→ **YOUR TASK**
Nothing but a number belongs in the answer: how many lines of the records below contain the string "else".

→ **SUPPLIED DATA**
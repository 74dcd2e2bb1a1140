//! A pool of passes, from which sessions borrow one for each request.
//!
//! mw_programs makes it; `borrower` borrows from it. Change it with `specs/Borrowed` and `specs/OwnReplies`.
ghost use Rattle.std.specs.Prelude.{◌≡◌, ◌<◌, All, Some, IfOk, vec_len};
ghost use Rattle.mw_engine.specs.Identity.{IsFor};
ghost use Rattle.mw_engine.specs.Notes.{IsNoteOf};
ghost use Rattle.mw_engine.specs.Passes.{IsNew};
ghost use Rattle.mw_report.specs.Table.{AreWithinLimits};
ghost use Rattle.mw_service.specs.Borrowed.{AreCountedWith, IsNoteOfEngine};
ghost use Rattle.mw_service.specs.OwnReplies.{IsAnsweredOwnWith};

use crate::locked_passes::LockedPasses;
use crate::request_tokens::{OwnTokens, TokenBrand, TokenTable};
use crossbeam_channel::{Receiver, Sender};
use mw_disk::Disk;
use mw_engine::{Engine, EngineBrand, Hold, Note, Pass};
use mw_metrics::ServerCounters;
use mw_report::Figures;
use mw_words::{Job, Reply};
use std::alloc::{AllocError, Global};
use std::sync::Wait;

/// Passes of an engine, which sessions borrow. Who has a pass's ticket takes its lock without waiting; while all tickets
/// are out, sessions wait for one. If there are counters, they count the passes that are in use and the waits.
#[derive(Drop)]
pub struct PassPool<'a, J: EngineBrand, K: TokenBrand> {
    passes: LockedPasses<J, K>,
    /// The tickets of the passes that are free: their numbers.
    free: Receiver<usize>,
    /// Where tickets are returned.
    returned: Sender<usize>,
    counters: Option<&'a ServerCounters>,
}

impl<'a, J: EngineBrand, K: TokenBrand> PassPool<'a, J, K> {
    /// Makes a pool of these passes, which these counters count.
    ///
    /// # Errors
    ///
    /// [`AllocError`] if memory is out, or the source of a worker's tokens was given before. The passes are dropped.
    pub fn new<R: Wait>(
        rt: &R,
        alloc: Global,
        tokens: &TokenTable<K>,
        passes: Vec<Pass>,
        counters: Option<&'a ServerCounters>,
    ) -> Result<Self, AllocError>
        requires new { All (IsNew J.identity) passes.items }
        requires some { 0 < vec_len passes }
        ensures { IfOk result (λ pool. vec_len pool.passes.passes ≡ vec_len passes) }
    {
        let count = passes.len();
        let Ok((returned, free)) = crossbeam_channel::bounded(alloc, count) else {
            return Err(AllocError);
        };
        let passes = LockedPasses::new(alloc, tokens, passes)?;
        give_tickets(rt, &returned, count)?;
        Ok(PassPool {
            passes,
            free,
            returned,
            counters,
        })
    }

    /// Serves a job of a session that has seen what the note says, with a pass of this pool. Gives the reply, a note of
    /// what the session has seen then, and the token of the request. It waits until a pass is free.
    pub(crate) fn serve<D: Disk + Drop, H: Hold + Drop, R: Wait>(
        &self,
        rt: &R,
        engine: &Engine<J, D, H>,
        tokens: &TokenTable<K>,
        note: Option<Note>,
        tenant: u8,
        job: &Job,
    ) -> (Reply, Note, OwnTokens<K>)
        requires its { IsNoteOfEngine J.identity note }
        requires formed { IsFor J.identity.lines tenant job.now }
        ensures answered { IsAnsweredOwnWith J.identity note tenant job.now result.0 (Some result.1) result.2.seat.me.0.tokens }
        ensures its { IsNoteOf J.identity result.1 }
    {
        let ticket = self.take(rt);
        let answered = self
            .passes
            .serve(rt, engine, tokens, ticket, note, tenant, job);
        self.give_back(rt, ticket);
        answered
    }

    /// Gives the figures for a session that has seen what the note says, with a pass of this pool, and a note of what the
    /// session has seen then. It waits until a pass is free.
    pub(crate) fn figures<D: Disk, H, R: Wait>(
        &self,
        rt: &R,
        engine: &Engine<J, D, H>,
        note: Option<Note>,
    ) -> (Figures, Note)
        requires its { IsNoteOfEngine J.identity note }
        ensures counted { AreCountedWith J.identity note result.0 (Some result.1) }
        ensures limits { AreWithinLimits result.0.tenants.items result.0.pool_free }
        ensures its { IsNoteOf J.identity result.1 }
    {
        let ticket = self.take(rt);
        let counted = self.passes.figures(rt, engine, ticket, note);
        self.give_back(rt, ticket);
        counted
    }

    /// Takes a ticket, and waits for it if none is there. It is counted as in use from then on.
    fn take<R: Wait>(&self, rt: &R) -> usize {
        let (ticket, waited) = match self.free.try_recv(rt) {
            Ok(ticket) => (ticket, false),
            Err(_) => (self.wait(rt), true),
        };
        if let Some(counters) = self.counters {
            counters.record_pass_taken(waited);
        }
        ticket
    }

    /// Waits for a ticket.
    fn wait<R: Wait>(&self, rt: &R) -> usize {
        // The pool keeps a sender and a receiver, so the channel doesn't end. If it did, all would share the first pass.
        self.free.recv(rt).unwrap_or(0)
    }

    /// Returns a ticket. There is room for each.
    fn give_back<R: Wait>(&self, rt: &R, ticket: usize) {
        if let Some(counters) = self.counters {
            counters.record_pass_left();
        }
        let _ = self.returned.send(rt, ticket);
    }
}

/// Gives a ticket for each of so many passes.
///
/// # Errors
///
/// [`AllocError`] if one couldn't be given.
fn give_tickets<R: Wait>(rt: &R, returned: &Sender<usize>, count: usize) -> Result<(), AllocError> {
    for ticket in 0..count {
        if returned.send(rt, ticket).is_err() {
            return Err(AllocError);
        }
    }
    Ok(())
}
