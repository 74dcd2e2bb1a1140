//! A pool of passes with which nothing but reads and reports is done.
//!
//! mw_programs makes it, and `borrower` borrows from it. Change it with `specs/Borrowed` and `specs/OwnReplies`.
ghost use Rattle.std.specs.Prelude.{◌≡◌, ◌<◌, All, Some, IfOk, vec_len};
ghost use Rattle.mw_words.specs.declared.jobs.Job.TheVariants.{Get};
ghost use Rattle.mw_engine.specs.Identity.{IsFor};
ghost use Rattle.mw_engine.specs.Notes.{IsNoteOf};
ghost use Rattle.mw_engine.specs.Passes.{IsNew};
ghost use Rattle.mw_report.specs.Table.{AreWithinLimits};
ghost use Rattle.mw_service.specs.Borrowed.{AreCountedWith, IsNoteOfEngine};
ghost use Rattle.mw_service.specs.OwnReplies.{IsAnsweredOwnWith};

use crate::locked_passes::LockedPasses;
use crate::request_tokens::{OwnTokens, TokenBrand, TokenTable};
use mw_disk::Disk;
use mw_engine::{Engine, EngineBrand, Hold, Note, Pass};
use mw_report::Figures;
use mw_words::{Job, Reply};
use std::alloc::{AllocError, Global};
use std::sync::Wait;

/// Passes for reads and reports. It takes no change, so none of its passes waits for a disk, and a read keeps one for a
/// microsecond or two. So each session has its pass, which it shares with few others, and there are no tickets to wait for.
#[derive(Drop)]
pub struct ReadPool<J: EngineBrand, K: TokenBrand> {
    passes: LockedPasses<J, K>,
}

impl<J: EngineBrand, K: TokenBrand> ReadPool<J, K> {
    /// Makes a pool of these passes, which only read.
    ///
    /// # Errors
    ///
    /// [`AllocError`] if memory is out, or the source of a worker's tokens was given before. The passes are dropped.
    pub fn new(alloc: Global, tokens: &TokenTable<K>, passes: Vec<Pass>) -> Result<Self, AllocError>
        requires new { All (IsNew J.identity) passes.items }
        requires some { 0 < vec_len passes }
        ensures { IfOk result (λ pool. vec_len pool.passes.passes ≡ vec_len passes) }
    {
        let passes = LockedPasses::new(alloc, tokens, passes)?;
        Ok(ReadPool { passes })
    }

    /// Reads a tenant's word for the session of this number, which has seen what the note says. Gives the reply, a note
    /// of what the session has seen then, and the token of the request. It waits while the session's pass serves another.
    pub(crate) fn read<D: Disk + Drop, H: Hold + Drop, R: Wait>(
        &self,
        rt: &R,
        engine: &Engine<J, D, H>,
        tokens: &TokenTable<K>,
        number: usize,
        note: Option<Note>,
        tenant: u8,
        address: u16,
    ) -> (Reply, Note, OwnTokens<K>)
        requires its { IsNoteOfEngine J.identity note }
        requires formed { IsFor J.identity.lines tenant (Get address) }
        ensures answered { IsAnsweredOwnWith J.identity note tenant (Get address) result.0 (Some result.1) result.2.seat.me.0.tokens }
        ensures its { IsNoteOf J.identity result.1 }
    {
        self.passes.serve(rt, engine, tokens, number, note, tenant, &Job::Get(address))
    }

    /// Gives the figures for the session of this number, which has seen what the note says, and a note of what the session
    /// has seen then. It waits while the session's pass serves another.
    pub(crate) fn figures<D: Disk, H, R: Wait>(
        &self,
        rt: &R,
        engine: &Engine<J, D, H>,
        number: usize,
        note: Option<Note>,
    ) -> (Figures, Note)
        requires its { IsNoteOfEngine J.identity note }
        ensures counted { AreCountedWith J.identity note result.0 (Some result.1) }
        ensures limits { AreWithinLimits result.0.tenants.items result.0.pool_free }
        ensures its { IsNoteOf J.identity result.1 }
    {
        self.passes.figures(rt, engine, number, note)
    }
}
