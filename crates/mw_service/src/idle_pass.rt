//! A pass between two requests, which may be borrowed for the next one.
//!
//! `locked_passes` keeps it in a lock. Change it with `specs/Borrowed`, `specs/OwnReplies`, `specs/RequestTokens` and
//! `specs/SinceStart`.
ghost use Rattle.std.specs.Prelude.{◌≡◌, true, Some};
ghost use Rattle.mw_engine.specs.FromBelow.{IsSamePass};
ghost use Rattle.mw_engine.specs.Identity.{IsFor};
ghost use Rattle.mw_engine.specs.Notes.{IsNoteOf};
ghost use Rattle.mw_engine.specs.Passes.{IsPassOf};
ghost use Rattle.mw_report.specs.Table.{AreWithinLimits};
ghost use Rattle.mw_service.specs.Borrowed.{AreCountedBy, IsNoteOfEngine, LearnsNote};
ghost use Rattle.mw_service.specs.OwnReplies.{IsAnsweredOwnBy, came_to};
ghost use Rattle.mw_service.specs.RequestTokens.{source_of};
ghost use Rattle.mw_service.specs.SinceStart.{IsSinceStart};

use crate::request_tokens::{OwnTokens, TokenBrand, TokenSource, TokenTable};
use mw_disk::Disk;
use mw_engine::{Engine, EngineBrand, Hold, Note, Pass};
use mw_report::Figures;
use mw_words::{Job, Reply};
use std::marker::PhantomData;
use std::sync::Wait;

/// A pass of an engine, whose worker has no request. With it goes the source of the tokens of this worker's requests, which has
/// given out one for each request that came to the worker.
#[derive(Drop)]
pub struct IdlePass<J: EngineBrand, K: TokenBrand> {
    pub(crate) pass: Pass,
    pub(crate) source: TokenSource<K>,
    pub(crate) brand: PhantomData<J>,
    ghost own: { IsPassOf J.identity pass },
    ghost idle: { pass.idle ≡ true },
    ghost begun: { IsSinceStart J.identity pass.seat.me.0.known_run },
    ghost counted: { source.seat.me.0 ≡ source_of pass.worker (came_to pass.seat.me.0.tokens) },
}

impl<J: EngineBrand, K: TokenBrand> IdlePass<J, K> {
    /// Serves a job of a session that has seen what the note says. Gives the reply, a note of what the session has seen
    /// then, and the token of the request.
    pub(crate) fn serve<D: Disk + Drop, H: Hold + Drop>(
        &mut self,
        engine: &Engine<J, D, H>,
        rt: &impl Wait,
        tokens: &TokenTable<K>,
        note: Option<Note>,
        tenant: u8,
        job: &Job,
    ) -> (Reply, Note, OwnTokens<K>)
        requires its { IsNoteOfEngine J.identity note }
        requires formed { IsFor J.identity.lines tenant job.now }
        ensures answered { IsAnsweredOwnBy J.identity self.old.pass self.new.pass note tenant job.now result.0 (Some result.1) result.2.seat.me.0.tokens }
        ensures its { IsNoteOf J.identity result.1 }
    {
        self.learn(engine, note);
        let reply = engine.serve(rt, &mut self.pass, tenant, job);
        let note = engine.note(&mut self.pass);
        let token = tokens.take(&mut self.source);
        (reply, note, token)
    }

    /// Gives the figures for a session that has seen what the note says, and a note of what it has seen then.
    pub(crate) fn figures<D: Disk, H>(
        &mut self,
        engine: &Engine<J, D, H>,
        note: Option<Note>,
    ) -> (Figures, Note)
        requires its { IsNoteOfEngine J.identity note }
        ensures counted { AreCountedBy J.identity self.old.pass self.new.pass note result.0 (Some result.1) }
        ensures limits { AreWithinLimits result.0.tenants.items result.0.pool_free }
        ensures its { IsNoteOf J.identity result.1 }
    {
        self.learn(engine, note);
        let figures = engine.figures(&mut self.pass);
        let note = engine.note(&mut self.pass);
        (figures, note)
    }

    /// Lets the pass learn what a session has seen, if it has seen something.
    fn learn<D: Disk, H>(&mut self, engine: &Engine<J, D, H>, note: Option<Note>)
        requires its { IsNoteOfEngine J.identity note }
        ensures same { IsSamePass self.old.pass self.new.pass }
        ensures learned { LearnsNote note self.old.pass.seat.me.0 self.new.pass.seat.me.0 }
    {
        if let Some(note) = note {
            engine.learn(&mut self.pass, note);
        }
    }
}
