//! Passes, each in a lock of its own.
//!
//! `pass_pool` and `read_pool` choose one of them for each request. Change it with `specs/Borrowed` and
//! `specs/OwnReplies`.
ghost use Rattle.std.specs.Prelude.{◌≡◌, ◌<◌, All, Some, IfOk, vec_len};
ghost use Rattle.mw_engine.specs.Identity.{IsFor};
ghost use Rattle.mw_engine.specs.Notes.{IsNoteOf};
ghost use Rattle.mw_engine.specs.Passes.{IsNew};
ghost use Rattle.mw_report.specs.Table.{AreWithinLimits};
ghost use Rattle.mw_service.specs.Borrowed.{AreCountedWith, IsNoteOfEngine};
ghost use Rattle.mw_service.specs.OwnReplies.{IsAnsweredOwnWith};

use crate::idle_pass::IdlePass;
use crate::request_tokens::{OwnTokens, TokenBrand, TokenTable};
use mw_disk::Disk;
use mw_engine::{Engine, EngineBrand, Hold, Note, Pass};
use mw_report::Figures;
use mw_words::{Job, Reply};
use std::alloc::{AllocError, Global};
use std::marker::{Brand, PhantomData};
use std::sync::{Mutex, Wait};

/// Passes of an engine, each in a lock. A pass stays in its lock while it serves, so each lock always has an idle pass of
/// this engine, however a session ends. They are told apart by numbers: pass 0 is also the one of the number that is
/// their count, and so on.
#[derive(Drop)]
pub(crate) struct LockedPasses<J: EngineBrand, K: TokenBrand> {
    passes: Vec<Mutex<IdlePass<J, K>>>,
    ghost some: { 0 < vec_len passes },
}

impl<J: EngineBrand, K: TokenBrand> LockedPasses<J, K> {
    /// Puts each of these passes into a lock, with the source of its worker's tokens.
    ///
    /// # Errors
    ///
    /// [`AllocError`] if memory is out, or the source of a worker's tokens was given before. The passes are dropped.
    pub(crate) fn new(
        alloc: Global,
        tokens: &TokenTable<K>,
        passes: Vec<Pass>,
    ) -> Result<Self, AllocError>
        requires new { All (IsNew J.identity) passes.items }
        requires some { 0 < vec_len passes }
        ensures { IfOk result (λ made. vec_len made.passes ≡ vec_len passes) }
    {
        let passes = locked(alloc, tokens, passes)?;
        Ok(LockedPasses { passes })
    }

    /// Serves a job of a session that has seen what the note says, with the pass of this number. Gives the reply, a note
    /// of what the session has seen then, and the token of the request. It waits while the pass serves another.
    pub(crate) fn serve<D: Disk + Drop, H: Hold + Drop, R: Wait>(
        &self,
        rt: &R,
        engine: &Engine<J, D, H>,
        tokens: &TokenTable<K>,
        number: usize,
        note: Option<Note>,
        tenant: u8,
        job: &Job,
    ) -> (Reply, Note, OwnTokens<K>)
        requires its { IsNoteOfEngine J.identity note }
        requires formed { IsFor J.identity.lines tenant job.now }
        ensures answered { IsAnsweredOwnWith J.identity note tenant job.now result.0 (Some result.1) result.2.seat.me.0.tokens }
        ensures its { IsNoteOf J.identity result.1 }
    {
        let mut lent = self.of_number(number).lock(rt);
        lent.serve(engine, rt, tokens, note, tenant, job)
    }

    /// Gives the figures for a session that has seen what the note says, with the pass of this number, and a note of what
    /// the session has seen then. It waits while the pass serves another.
    pub(crate) fn figures<D: Disk, H, R: Wait>(
        &self,
        rt: &R,
        engine: &Engine<J, D, H>,
        number: usize,
        note: Option<Note>,
    ) -> (Figures, Note)
        requires its { IsNoteOfEngine J.identity note }
        ensures counted { AreCountedWith J.identity note result.0 (Some result.1) }
        ensures limits { AreWithinLimits result.0.tenants.items result.0.pool_free }
        ensures its { IsNoteOf J.identity result.1 }
    {
        let mut lent = self.of_number(number).lock(rt);
        lent.figures(engine, note)
    }

    /// Gives the lock of the pass of this number.
    fn of_number(&self, number: usize) -> &Mutex<IdlePass<J, K>> {
        let index = number % self.passes.len();
        &self.passes[index]
    }
}

/// Puts each of these passes into a lock, with the source of its worker's tokens.
///
/// # Errors
///
/// [`AllocError`] if memory is out, or the source of a worker's tokens was given before. The passes are dropped.
fn locked<J: EngineBrand, K: TokenBrand>(
    alloc: Global,
    tokens: &TokenTable<K>,
    passes: Vec<Pass>,
) -> Result<Vec<Mutex<IdlePass<J, K>>>, AllocError>
    requires new { All (IsNew J.identity) passes.items }
    ensures { IfOk result (λ made. vec_len made ≡ vec_len passes) }
{
    let mut made = Vec::with_capacity(alloc, passes.len())?;
    for pass in passes {
        let Some(source) = tokens.source::<Brand>(&pass) else {
            return Err(AllocError);
        };
        let idle = IdlePass {
            pass,
            source,
            brand: PhantomData,
        };
        if made.push(Mutex::new(idle)).is_err() {
            return Err(AllocError);
        }
    }
    Ok(made)
}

→ **EXERCISE SOLUTION**
2